UGT8 ダブルニカースプラスミド(m)は、mouse 細胞株における Ugt8a 座の高特異性編集のために設計された、対となる2つのプラスミドから構成される。各プラスミドは、Cas9 D10Aニカースと、Ugt8a内の対向するDNA鎖を標的とする異なるsgRNAを発現する。対向するDNA鎖上の隣接する部位に誘導されると、2つのニカースはオフセットした一本鎖切断を生成し、これらが組み合わさってずれた二本鎖切断を生じさせる。これにより、両方のガイドによる協調的なオンターゲット活性が必要となる。生じたDNA切断は、細胞内の内在性修復経路、特に非相同末端結合(NHEJ)によって修復され、その結果、Ugt8aの機能を阻害する挿入または欠失が生じる。標的座標における2つのsgRNAの結合を必要とするこの二重ニッキング法は、編集の特異性を高め、標的精度に対するさらなる制御が求められる用途において、CRISPR戦略を補完するものである。

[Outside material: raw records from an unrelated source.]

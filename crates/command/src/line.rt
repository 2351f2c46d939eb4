// What a whole line says.
ghost use Rattle.std.specs.Prelude.{◌≡◌, ◌≤◌, ◌==◌, ◌++◌, if◌then◌else◌, codes, length, Err, IfSome};
ghost use Rattle.std.specs.List.{list_all};
ghost use Rattle.sector.specs.declared.refusal.Refusal.TheVariants.{BadTable};
ghost use Rattle.words.specs.Given.{Gives};
ghost use Rattle.words.specs.Words.{words_of};
ghost use Rattle.command.specs.Grammar.{command_of, read_of, status_of, write_of};
ghost use Rattle.command.specs.Line.{is_silent, is_printable, line_saying, said_of};

use super::data_words::payload;
use super::grammar::{Command, amount, command_in};
use sector::Refusal;
use std::alloc::Global;
use words::{Name, next_word, numeral};

/// The most bytes that a line may have, its end not counted.
pub const LINE_LIMIT: usize = 65_536;

fn is_blank(line: &[u8]) -> bool
    ensures { result ≡ list_all (λ byte. byte == 32) line.now }
{
    line.iter().all(|byte| *byte == b' ')
}

fn says_nothing(line: &[u8]) -> bool
    ensures { result ≡ is_silent line.now }
{
    is_blank(line) || line[0] == b'#'
}

fn is_text(line: &[u8]) -> bool
    ensures { result ≡ list_all is_printable line.now }
{
    let mut is_all = true;
    for byte in line {
        is_all &= (b' ' <= *byte) & (*byte <= b'~');
    }
    is_all
}

// What a line says that holds more than spaces, by looking at each byte first.
#[inline(never)]
fn any_said(alloc: Global, line: &[u8]) -> Result<Option<Command>, Refusal>
    requires { length line.now ≤ 65536 }
    ensures { Gives result (if list_all is_printable line.now then line_saying (command_of (words_of line.now)) else Err BadTable) }
{
    if !is_text(line) {
        return Err(Refusal::BadTable);
    }
    let command = command_in(alloc, line)?;
    Ok(Some(command))
}

// What stands after a verb and a space where a line begins with them, for the verbs that most lines have. What follows these is not
// looked at twice: words of a right form are printable, and those of a wrong form are refused as bytes are that are not.
#[tactic(auto, using(crate::proofs::Verbs::write_front))]
fn after_write(line: &[u8]) -> Option<&[u8]>
    ensures { IfSome result (λ rest. line.now ≡ codes "write " ++ rest.now) }
{
    match line {
        [b'w', b'r', b'i', b't', b'e', b' ', rest @ ..] => Some(rest),
        _ => None,
    }
}

#[tactic(auto, using(crate::proofs::Verbs::read_front))]
fn after_read(line: &[u8]) -> Option<&[u8]>
    ensures { IfSome result (λ rest. line.now ≡ codes "read " ++ rest.now) }
{
    match line {
        [b'r', b'e', b'a', b'd', b' ', rest @ ..] => Some(rest),
        _ => None,
    }
}

#[tactic(auto, using(crate::proofs::Verbs::status_front))]
fn after_status(line: &[u8]) -> Option<&[u8]>
    ensures { IfSome result (λ rest. line.now ≡ codes "status " ++ rest.now) }
{
    match line {
        [b's', b't', b'a', b't', b'u', b's', b' ', rest @ ..] => Some(rest),
        _ => None,
    }
}

// What a line says, by the words after its verb, for the verbs that most lines have. These three take their words as `grammar`'s
// `span`, `patch` and `alone` do, written out: so a name or a number is put where the answer has it, and is not copied from call to
// call.
fn read_said(text: &[u8]) -> Result<Option<Command>, Refusal>
    ensures { result ≡ line_saying (read_of (words_of text.now)) }
{
    let Some((name, rest)) = next_word(text) else {
        return Err(Refusal::BadTable);
    };
    let Some((first, rest)) = next_word(rest) else {
        return Err(Refusal::BadTable);
    };
    let Some(name) = Name::read(name) else {
        return Err(Refusal::BadTable);
    };
    let first = numeral(first)?;
    let count = amount(rest)?;
    Ok(Some(Command::Read { name, first, count }))
}

fn write_said(alloc: Global, room: &mut Vec<u8>, text: &[u8]) -> Result<Option<Command>, Refusal>
    requires { length text.now ≤ 65536 }
    ensures { Gives result (line_saying (write_of (words_of text.now))) }
{
    let Some((name, rest)) = next_word(text) else {
        return Err(Refusal::BadTable);
    };
    let Some((first, rest)) = next_word(rest) else {
        return Err(Refusal::BadTable);
    };
    let Some(name) = Name::read(name) else {
        return Err(Refusal::BadTable);
    };
    let first = numeral(first)?;
    let bytes = payload(alloc, room, rest)?;
    Ok(Some(Command::Write { name, first, bytes }))
}

fn status_said(text: &[u8]) -> Result<Option<Command>, Refusal>
    ensures { result ≡ line_saying (status_of (words_of text.now)) }
{
    let Some((name, rest)) = next_word(text) else {
        return Err(Refusal::BadTable);
    };
    if next_word(rest).is_some() {
        return Err(Refusal::BadTable);
    }
    let Some(name) = Name::read(name) else {
        return Err(Refusal::BadTable);
    };
    Ok(Some(Command::Status { name }))
}

/// The command that a line says, the line given without its end; `None` for a line that prints nothing, which is
/// a comment (its first byte is `#`) or has spaces alone.
///
/// In this order: a line of more than `max` bytes is `BadTable`, whatever it holds; comments and blank lines say
/// nothing; any byte that isn't printable ASCII is `BadTable`; then the words are looked at, where every word of a
/// wrong form comes first (`BadTable`), then a table line's chunk that is not allowed (`BadChunk`), then a number
/// of sectors outside 1 to 2048 (`OutOfRange`). `NoMemory` may stand in place of any of these; only the words of a
/// table line and the data of a command take memory.
#[tactic(auto, using(crate::proofs::Kept::said_long, crate::proofs::LineSaid::said_nothing))]
pub fn said(
    alloc: Global,
    room: &mut Vec<u8>,
    line: &[u8],
    max: usize,
) -> Result<Option<Command>, Refusal>
    requires { max ≤ 65536 }
    ensures { Gives result (said_of max line.now) }
{
    if line.len() > max {
        return Err(Refusal::BadTable);
    }
    if says_nothing(line) {
        return Ok(None);
    }
    if let Some(rest) = after_write(line) {
        return write_said(alloc, room, rest);
    }
    if let Some(rest) = after_read(line) {
        return read_said(rest);
    }
    if let Some(rest) = after_status(line) {
        return status_said(rest);
    }
    // Taken and given again: a result in whose place a call out of line answers is kept in memory, also above.
    let said = any_said(alloc, line)?;
    Ok(said)
}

編集された細胞を効率的に同定するために、1つのプラスミドはトランスフェクトされた細胞集団を蛍光可視化するためのGFPをコードし、もう1つのプラスミドは抗生物質選別用のプロマイシン耐性遺伝子を保有しています。これらの機能により、共トランスフェクトされた細胞集団の効率的な濃縮が可能となり、Ugt8aが破壊されたクローンの検証が簡素化されます。
研究用のみ。診断用または治療用ではありません。